I have a code that runs about 40% faster with the O3 flag on compared to O2 flag.
But recently I have started noticing some errors (non-physical results) in the code compiled with O3 flag.
I would like to keep using O3 but would like to isolate the part of code creating issue when using O3.
How can I figure out which part of the code is creating the issue when using the O3 flag?
Anil, are you using Intel Compiler? If so what version and which OS?
Reading the problem description I assume you're seeing errors in the run time output. Is that a correct assumption?
1) Are these errors floating point errors? If so, please refer to this article https://software.intel.com/en-us/articles/consistency-of-floating-point-results-using-the-intel-compiler/ that goes over some details on how to maintain consistency in floating point calculations accordingly.

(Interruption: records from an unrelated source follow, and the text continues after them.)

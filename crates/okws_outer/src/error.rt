//! Why the outside gave nothing.

ghost use Rattle.std.specs.Prelude.{◌≡◌};
ghost use Rattle.okws_outer.specs.declared.error.MakeError.TheVariants.{NoMemory};

use std::alloc::AllocError;

/// A call failed and was counted.
#[derive(Clone, Copy)]
pub struct Fault;

/// Why an object was not made.
#[derive(Clone, Copy, Debug)]
pub enum MakeError {
    /// The call failed and was counted.
    Failed,
    /// Memory was refused.
    NoMemory,
}

impl From<AllocError> for MakeError {
    ghost from_gives = { λ _ e. e ≡ NoMemory };

    fn from(_: AllocError) -> Self {
        MakeError::NoMemory
    }
}
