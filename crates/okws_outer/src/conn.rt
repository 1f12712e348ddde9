//! Connections of clients.

ghost use Rattle.std.specs.Prelude.{◌<◌, length};
ghost use Rattle.okws_outer.specs.Conns.{ConnWire, PullsFrom, PutsTo};

use crate::stream::{Pull, Put};

/// Bytes in both directions, with one count of faults.
pub trait Conn {
    /// What is told of the connection. Its count of faults never falls, and stays at 2^64 - 1 once
    /// it is there.
    ghost wire: { Self → ConnWire };

    /// Takes bytes that are left, at most as many as there is room for.
    fn pull(&mut self, into: &mut [u8]) -> Pull
        requires { 0 < length into.old }
        ensures { PullsFrom (wire self.old) (wire self.new) into.new result };

    /// Gives the bytes behind those that were given before.
    fn put(&mut self, bytes: &[u8]) -> Put
        ensures { PutsTo (wire self.old) (wire self.new) bytes.now result };
}
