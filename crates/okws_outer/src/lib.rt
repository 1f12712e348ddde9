//! The outside of a run: files, sources, sinks, links, connections and keepers of rows, each with a count of its
//! faults that never falls; the world that gives them to a run and gets them back; and objects in
//! memory that tell what they hold. What an object holds is told where it can tell it: objects in
//! memory do, real ones do not.
//!
//! Beside them, for a server: the network and its doors, where connections come in; children, the
//! programs that run beside the server, and their links; stores, which make keepers; sinks by their
//! paths; and the gate, at which tests hold it. What these objects were given back is told in order.
#![tactic(auto)]

pub mod child;
pub mod children;
pub mod conn;
pub mod door;
pub mod error;
pub mod files;
pub mod gate;
pub mod keeper;
pub mod memory;
pub mod network;
pub mod pinned;
pub mod printing;
pub mod reading;
pub mod sinks;
pub mod stores;
pub mod stream;
pub mod world;
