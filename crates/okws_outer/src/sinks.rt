//! Sinks by their paths.

ghost use Rattle.std.specs.Prelude.{◌≡◌, true, false, IfOk, OnErr};
ghost use Rattle.okws_outer.specs.Racks.{Rack, IsNewSink, with_opened, with_closed, Misses};

use crate::error::Fault;
use crate::stream::Sink;
use okws_base::items::Items;

/// What is told of an opening.
#[derive(Drop)]
pub struct SinkStart {
    /// The path.
    pub path: Items<u8>,
    /// Whether a sink could be opened there.
    pub is_open: bool,
}

/// What is told of a sink that was closed.
#[derive(Drop)]
pub struct SinkEnd {
    /// The path.
    pub path: Items<u8>,
    /// The bytes that it was given, where it told them.
    pub given: Option<Items<u8>>,
    /// How many of its puts failed.
    pub faults: u64,
}

/// Sinks by their paths. Bytes go behind those that stand at a path already, which aren't told.
pub trait Sinks {
    /// A sink that is open.
    type Sink: Sink + Send + Drop;

    /// What is told of the sinks. The count of faults takes in openings that failed and the faults of
    /// closed sinks, never falls, and stays at 2^64 - 1 once it is there.
    ghost rack: { Self → Rack };

    /// Opens the sink at a path, which was given nothing yet; fails where there can be none.
    fn open(&mut self, path: &str) -> Result<Self::Sink, Fault>
        ensures sink { IfOk result (λ s. IsNewSink (Self.Sink.given s) (Self.Sink.faults s)) }
        ensures opened { IfOk result (λ s. rack self.new ≡ with_opened path.now true (rack self.old)) }
        ensures failed { OnErr result (Misses (rack self.old) (rack self.new) path.now) };

    /// Closes the sink that was opened at a path, and counts the faults that it had.
    fn close(&mut self, path: &str, sink: Self::Sink)
        ensures { rack self.new ≡ with_closed path.now (Self.Sink.given sink) (Self.Sink.faults sink) (rack self.old) };
}
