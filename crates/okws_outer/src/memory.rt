//! Objects in memory, which tell what they hold. The calls of an object are numbered from 0, and the
//! calls of listed numbers fail and are counted.

mod coming;
pub mod conn;
pub mod failing;
pub mod files;
pub mod link;
pub mod passing;
mod room;
pub mod sink;
pub mod source;
mod told;
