//! Files by their paths.

ghost use Rattle.std.specs.Prelude.{◌≡◌, ◌∷◌, max};
ghost use Rattle.okws_outer.specs.Shelf.{Shelf};

use crate::stream::Source;
use okws_base::items::Items;
use okws_base::told::Says;

/// The path at which a file is opened.
#[derive(Clone, Copy)]
pub struct FilePath<'a> {
    /// The path, as it was given.
    pub path: &'a str,
}

impl<'a> Says for FilePath<'a> {
    type Item = Items<u8>;

    ghost item = { λ p. p.path.now };
}

/// Files by their paths, which tell where files were opened, with one count of faults: a file that
/// is open carries the count on, and its close gives it back. It never falls, and stays at 2^64 - 1
/// once it is there.
pub trait Files {
    /// A file that is open.
    type File: Source;

    /// What stands at each path, where the files tell, where files were opened, and the count.
    ghost shelf: { Self → Shelf };

    /// Opens the file at a path. Where it can't be opened, its first pull fails and is counted.
    fn open(&mut self, path: &str) -> Self::File
        ensures left { Self.File.left result ≡ (shelf self.old).held path.now }
        ensures faults { Self.File.faults result ≡ (shelf self.old).faults }
        ensures shelf { shelf self.new ≡ record (shelf self.old) { opened = path.now ∷ (shelf self.old).opened } };

    /// Closes a file, and counts the faults that it had.
    fn close(&mut self, file: Self::File)
        ensures { shelf self.new ≡ record (shelf self.old) { faults = max (shelf self.old).faults (Self.File.faults file) } };
}
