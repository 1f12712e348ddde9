//! Stores, which make the keepers of proxies and take them back.

ghost use Rattle.std.specs.Prelude.{◌≡◌, IfOk, OnErr};
ghost use Rattle.okws_outer.specs.Depots.{Depot, IsNewKeeper, with_made, with_finished};
ghost use Rattle.okws_outer.specs.Making.{CountsMade};

use crate::error::MakeError;
use crate::keeper::Keeper;
use okws_base::items::Items;
use okws_base::value::Row;
use okws_plan::configuration::Table;
use std::alloc::Global;

/// What is told of a keeper at its making.
#[derive(Drop)]
pub struct KeeperStart {
    /// The file that it was made for.
    pub file: Items<u8>,
    /// The proxy, by its number.
    pub proxy: u16,
    /// The tables, with their first rows.
    pub tables: Items<Table>,
}

/// What is told of a keeper that was given back.
#[derive(Drop)]
pub struct KeeperEnd {
    /// The proxy, by its number.
    pub proxy: u16,
    /// The rows of each table, where the keeper told them.
    pub rows: Option<Items<Items<Row>>>,
    /// How many of its calls failed.
    pub faults: u64,
}

/// The stores of a run.
pub trait Stores {
    /// A keeper of a proxy's rows.
    type Keeper: Keeper + Send + Drop;

    /// What is told of the stores. The count of failed makings, which keepers have no part in, never
    /// falls, and stays at 2^64 - 1 once it is there.
    ghost depot: { Self → Depot };

    /// Makes the keeper of a proxy, whose rows stand in a file that is named after this one. A keeper
    /// that tells its rows has the tables' first ones.
    fn make(
        &mut self,
        alloc: Global,
        file: &str,
        proxy: u16,
        tables: &[Table],
    ) -> Result<Self::Keeper, MakeError>
        ensures tables { IfOk result (λ k. Self.Keeper.tables k ≡ tables.now) }
        ensures keeper { IfOk result (λ k. IsNewKeeper tables.now (Self.Keeper.told k) (Self.Keeper.faults k)) }
        ensures made { IfOk result (λ k. depot self.new ≡ with_made file.now proxy tables.now (depot self.old)) }
        ensures refused { OnErr result (depot self.new ≡ record (depot self.old) { faults = (depot self.new).faults }) }
        ensures faults { CountsMade (depot self.old).faults (depot self.new).faults result };

    /// Takes the keeper of a proxy back at the end of a run.
    fn finish(&mut self, proxy: u16, keeper: Self::Keeper)
        ensures { depot self.new ≡ with_finished proxy (Self.Keeper.told keeper) (Self.Keeper.faults keeper) (depot self.old) };
}
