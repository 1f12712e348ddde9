//! A gate, at which tests hold what goes on between two steps of the server.

/// A place in the server's work, with the number that stands beside it.
#[derive(Clone, Copy, PartialEq, Eq)]
pub enum Point {
    /// A dialog's Request was put; the number is that of the service.
    Requested,
    /// A connection's response was put; the number is that of the connection.
    Answered,
    /// The launcher raised the board; the number is that of the service.
    Raised,
    /// A proxy's turn is held in a Call; the number is that of the proxy.
    Called,
}

/// A gate. It changes nothing that a contract sees. One that waits has a type parameter with the
/// bound `Wait`.
pub trait Gate {
    /// Goes on, at once or later.
    fn pass(&self, point: Point, number: u64);
}

/// The gate of the program, at which nothing is held.
#[derive(Clone, Copy)]
pub struct NoGate;

impl Gate for NoGate {
    fn pass(&self, _point: Point, _number: u64) {}
}
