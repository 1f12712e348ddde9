//! The outside of one run, whose objects are taken for the run and given back.

ghost use Rattle.std.specs.Prelude.{◌≡◌, Some, IsSome, Option};
ghost use Rattle.okws_outer.specs.declared.world.Outside.{Outside};

use crate::files::Files;
use crate::stream::Sink;

/// The objects of a run.
#[derive(Drop)]
pub struct Outside<F, O> {
    /// The files by their paths.
    pub files: F,
    /// Where the run prints.
    pub out: O,
    /// The seed of the run's tokens.
    pub seed: [u8; 32],
}

/// A run's outside. Its objects are given by value, so that the run can use them at the same time,
/// put them behind locks and give them to threads.
pub trait World {
    /// The files by their paths.
    type Files: Files;

    /// Where the run prints.
    type Out: Sink + Send;

    /// The objects, None while they are out.
    ghost objects: { Self → Option (Outside Self.Files Self.Out) };

    /// Gives all objects.
    fn open(&mut self) -> Outside<Self::Files, Self::Out>
        requires { IsSome (objects self.old) }
        ensures { objects self.old ≡ Some result };

    /// Takes all objects back.
    fn close(&mut self, all: Outside<Self::Files, Self::Out>)
        ensures { objects self.new ≡ Some all };
}
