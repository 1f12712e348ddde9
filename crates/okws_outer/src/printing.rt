//! Prints to a sink, and gives it nothing more once it has failed.

ghost use Rattle.okws_outer.specs.Printing.{PrintsOn, printer};

use crate::stream::{Put, Sink};

/// Prints these bytes, unless the sink has stopped: `stopped` tells that a put to it has failed. The
/// caller goes on in either case.
pub fn print<O: Sink>(out: &mut O, stopped: &mut bool, bytes: &[u8])
    ensures { PrintsOn (printer O.given O.faults out.old stopped.old) (printer O.given O.faults out.new stopped.new) bytes.now }
{
    if !*stopped {
        match out.put(bytes) {
            Put::Done => {}
            Put::Stopped(_) => *stopped = true,
        }
    }
}
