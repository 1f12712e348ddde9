//! Keepers of a proxy's rows.

ghost use Rattle.std.specs.Prelude.{◌≡◌, ℕ, List, Bool, true, IfOk, IsErrOf};
ghost use Rattle.std.specs.declared.option.Option.{Option};
ghost use Rattle.okws_base.specs.declared.value.Value.{Value};
ghost use Rattle.okws_plan.specs.declared.configuration.Table.{Table};
ghost use Rattle.okws_plan.specs.Fits.{fits};
ghost use Rattle.okws_plan.specs.Rules.{keeps_rules};
ghost use Rattle.okws_outer.specs.Streams.{Counts};
ghost use Rattle.okws_outer.specs.Keeping.{Runs, Pins, is_select};
ghost use Rattle.okws_plan.specs.declared.statement.Answer.TheVariants.{Rows};
ghost use Rattle.okws_outer.specs.declared.keeper.RunError.TheVariants.{NoMemory};

use crate::pinned::Pinned;
use okws_base::value::Value;
use okws_plan::statement::{Answer, Statement};
use std::alloc::{AllocError, Global};

/// Why a statement was not run.
#[derive(Clone, Copy, Debug)]
pub enum RunError {
    /// The keeper failed and counted it.
    Failed,
    /// Memory was refused.
    NoMemory,
}

impl From<AllocError> for RunError {
    ghost from_gives = { λ _ e. e ≡ NoMemory };

    fn from(_: AllocError) -> Self {
        RunError::NoMemory
    }
}

/// A keeper of the rows of a proxy's tables.
pub trait Keeper {
    /// The answer of a SELECT, which is found later.
    type Pin: Pinned + Drop;

    /// The tables that the keeper was made for.
    ghost tables: { Self → List Table };

    /// The rows of each table, where the keeper tells.
    ghost told: { Self → Option (List (List (List Value))) };

    /// How many calls have failed; it never falls, and stays at 2^64 - 1 once it is there.
    ghost faults: { Self → ℕ };

    /// That no call fails.
    ghost steady: { Self → Bool };

    /// That a store which the keeper has its rows beside has parted from them, for want of memory.
    ghost parted: { Self → Bool };

    /// Whether a store which the keeper has its rows beside has parted from them: memory was refused
    /// behind a write of the store, or it answered another thing.
    fn has_parted(&self) -> bool
        ensures { result ≡ parted self.now };

    /// Runs a statement with these arguments; where it has no answer the rows are as they were. The count
    /// of faults is as it was unless the keeper failed.
    fn run(
        &mut self,
        alloc: Global,
        statement: &Statement,
        args: &[Value],
    ) -> Result<Answer, RunError>
        requires fits { fits statement.now.parameters args.now ≡ true }
        requires rules { keeps_rules (tables self.old) statement.now ≡ true }
        ensures rows { Runs (tables self.old) statement.now args.now (told self.old) (told self.new) result }
        ensures tables { tables self.new ≡ tables self.old }
        ensures faults { Counts (faults self.old) (faults self.new) (IsErrOf result RunError.Failed) }
        ensures spared { IsErrOf result RunError.NoMemory → faults self.new ≡ faults self.old }
        ensures still { IfOk result (λ _. faults self.new ≡ faults self.old) }
        ensures sure { steady self.old ≡ true → IsErrOf result RunError.Failed → ⊥ }
        ensures steady { steady self.new ≡ steady self.old };

    /// Takes what the answer of a SELECT on the rows as they are is found from later; the rows stay. The
    /// count of faults stays too, unless the keeper failed.
    fn pin(
        &mut self,
        alloc: Global,
        statement: &Statement,
        args: &[Value],
    ) -> Result<Self::Pin, RunError>
        requires select { is_select statement.now.action ≡ true }
        requires fits { fits statement.now.parameters args.now ≡ true }
        requires rules { keeps_rules (tables self.old) statement.now ≡ true }
        ensures answer { IfOk result (λ p. Pins (tables self.old) statement.now args.now (told self.old) (Rows (Self.Pin.width p) (Self.Pin.rows p))) }
        ensures told { told self.new ≡ told self.old }
        ensures tables { tables self.new ≡ tables self.old }
        ensures faults { Counts (faults self.old) (faults self.new) (IsErrOf result RunError.Failed) }
        ensures spared { IsErrOf result RunError.NoMemory → faults self.new ≡ faults self.old }
        ensures still { IfOk result (λ _. faults self.new ≡ faults self.old) }
        ensures sure { steady self.old ≡ true → IsErrOf result RunError.Failed → ⊥ }
        ensures steady { steady self.new ≡ steady self.old };
}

4) It could be a bug in the compiler. Did you try with GCC and do you get correct results with both the options? If that's the case, then the issue needs to be triaged and filed with the developers against the compiler. You can submit an issue in Premier Support at https://premier.intel.com against the product by attaching a test reproducer for triaging the issue (there are internal options to narrow down to internal optimization routines causing the issue) and communicate with you directly through resolution. The content is secure in Premier and you can attach large test files. Or you can attach to this thread if it's a small test reproducer and I can take a look at it and file the issue with the developers accordingly. Let me know.
Kittur, I am using intel compiler (icpc (ICC) 15.0.0 20140723), on Arch Linux.
Yes, the errors are in the output. The code is roughly ~12k lines with interfaces to few external libraries.
So I am finding it hard to isolate the part. I am having issues with gcc too, 02 to 03 producing similar results.
I am using "-fp-model precise" with icpc. Unless I can isolate the issue It will be hard for me to come up with
a smaller code that could trigger similar issue.
Thanks Anil, understood. Since it also happens with GCC I am suspecting that the issue could be related to something else as well. Another option for you is to download an evaluation copy of Intel(R) Vtune Performance Analyzer to analyze the hotspots functions leading to the code causing the performance loss. Sure, if you are able to isolate and come up with a test reproducer that'll be great, thanks.